Najnowsza darmowa zabawka na PSVR nazywa się The Last Guardian VR Demo i jest, cóż, demkiem gry The Last Guardian w wirtualnej rzeczywistości.

The Last Guardian to trzecia gra Fumito Ueda (Team Ico) po kultowych grach z PS2 Ico i Shadow of the Collosus. Miała wyjść na PS3, ale chwilę to trwało i ukazała się dopiero w zeszłym roku na PS4. Ale warto było czekać na te przygody chłopca i zaprzyjaźnionego z nim wielkiego kotoptaka.

W wirtualnej wersji gry zbyt wiele tu nie ma — poruszamy się teleportując (niestety), trzeba przesunąć jedną dźwignię i w zasadzie tyle. Główną ideą stojącą za tym króciutkim doświadczeniem jest najwyraźniej chęć pokazania, jaki wielki jest kotoptak Trico (jap. toriko); z perspektywy pierwszej osoby zanurzonej w wirtualu robi zupełnie inne wrażenie (którego nie oddadzą screeny; kiedy Sony wprowadzi zrzuty w pełnych 360 stopniach?). Można go sobie dokładnie obejrzeć, zaczepić, zawołać, nakarmić beczką, a także wskoczyć na grzbiet i odbyć króciutką przejażdżkę.

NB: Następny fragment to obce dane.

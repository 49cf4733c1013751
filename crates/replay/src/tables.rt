//! The check of tables, their lookups and their rows.
use crate::case::{Argument, Bytes, Case, Fault};
use crate::lent::{Room, Rows};
use crate::line::Line;
use crate::listed;

/// A table, as the calls take it.
#[derive(Drop)]
pub struct Table {
    sources: Vec<u64>,
    words: Vec<u64>,
    stamps: Vec<i64>,
    log: bool,
    text: Vec<u8>,
}

impl Argument for Table {
    fn read(case: &mut Case<'_>) -> Result<Table, Fault> {
        let sources = case.take()?;
        let words = case.take()?;
        let stamps = case.take()?;
        let log = case.take()?;
        let Bytes(text) = case.take()?;
        Ok(Table {
            sources,
            words,
            stamps,
            log,
            text,
        })
    }
}

impl Table {
    pub fn lend(&self) -> (&[u64], &[u64], &[i64], bool, &[u8]) {
        (
            self.sources.as_slice(),
            self.words.as_slice(),
            self.stamps.as_slice(),
            self.log,
            self.text.as_slice(),
        )
    }
}

/// check TABLE
pub fn check(case: &mut Case<'_>, line: &mut Line) -> Result<(), Fault> {
    let table: Table = case.take()?;
    case.end()?;
    let (sources, words, stamps, log, text) = table.lend();
    line.answer(table::check(sources, words, stamps, log, text))
}

/// segment_of_frame TABLE FRAME
pub fn segment_of_frame(case: &mut Case<'_>, line: &mut Line) -> Result<(), Fault> {
    let table: Table = case.take()?;
    let frame = case.take()?;
    case.end()?;
    let (sources, words, stamps, log, text) = table.lend();
    line.answer(lookup::segment_of_frame(sources, words, stamps, log, text, frame))
}

/// segment_of_frame_records TABLE FRAME, where the table's words are lent as records
pub fn segment_of_frame_records(case: &mut Case<'_>, line: &mut Line) -> Result<(), Fault> {
    let table: Table = case.take()?;
    let frame = case.take()?;
    case.end()?;
    let (sources, words, stamps, log, text) = table.lend();
    let list = listed::records_of(case.alloc(), words, stamps)?;
    let records = list.as_slice();
    line.answer(records::segment_of_frame_records(sources, text, records, log, frame))
}

/// segment_of_time_us TABLE TIME
pub fn segment_of_time_us(case: &mut Case<'_>, line: &mut Line) -> Result<(), Fault> {
    let table: Table = case.take()?;
    let time = case.take()?;
    case.end()?;
    let (sources, words, stamps, log, text) = table.lend();
    line.answer(lookup::segment_of_time_us(sources, words, stamps, log, text, time))
}

/// continues TABLE SEGMENT
pub fn continues(case: &mut Case<'_>, line: &mut Line) -> Result<(), Fault> {
    let table: Table = case.take()?;
    let segment = case.take()?;
    case.end()?;
    let (sources, words, stamps, log, text) = table.lend();
    line.answer(lookup::continues(sources, words, stamps, log, text, segment))
}

/// segments_of_frames TABLE FRAMES ROOM
pub fn segments_of_frames(case: &mut Case<'_>, line: &mut Line) -> Result<(), Fault> {
    let table: Table = case.take()?;
    let frames: Vec<u64> = case.take()?;
    let mut out: Room<u64> = case.take()?;
    case.end()?;
    let (sources, words, stamps, log, text) = table.lend();
    let frames = frames.as_slice();
    let answer = lookups::segments_of_frames(sources, words, stamps, log, text, frames, out.lend());
    line.answer(answer)?;
    line.written(&out, answer.unwrap_or(0))
}

/// rows_of_table TABLE ROOM ROOM
pub fn rows_of_table(case: &mut Case<'_>, line: &mut Line) -> Result<(), Fault> {
    let table: Table = case.take()?;
    let mut rows: Rows = case.take()?;
    case.end()?;
    let (sources, words, stamps, log, text) = table.lend();
    let (out_words, out_shifts) = rows.lend();
    let answer = table_rows::rows_of_table(
        sources, words, stamps, log, text, out_words, out_shifts,
    );
    line.rows(answer, &rows)
}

Demo jest darmowe, więc nie ma co narzekać, wspaniała jest możliwość spojrzenia w bezkresną otchłań pod niebotycznym zamczyskiem w kasku, przyjemnie patrzy się prosto w oczy wielkiego kotoptaka… ale pozostaje straszny niedosyt. Chciałbym taką grę z pełną swobodą ruchów, i w ogóle, pełną. Cóż, Shadow of the Collosus wyjdzie zaraz w odświeżonej wersji na PS4 (i to mimo podrasowania do HD na PS3), może kiedyś i TLG doczeka się większego odpowiedniego upgrade’u. Ale to już pewnie na PS5.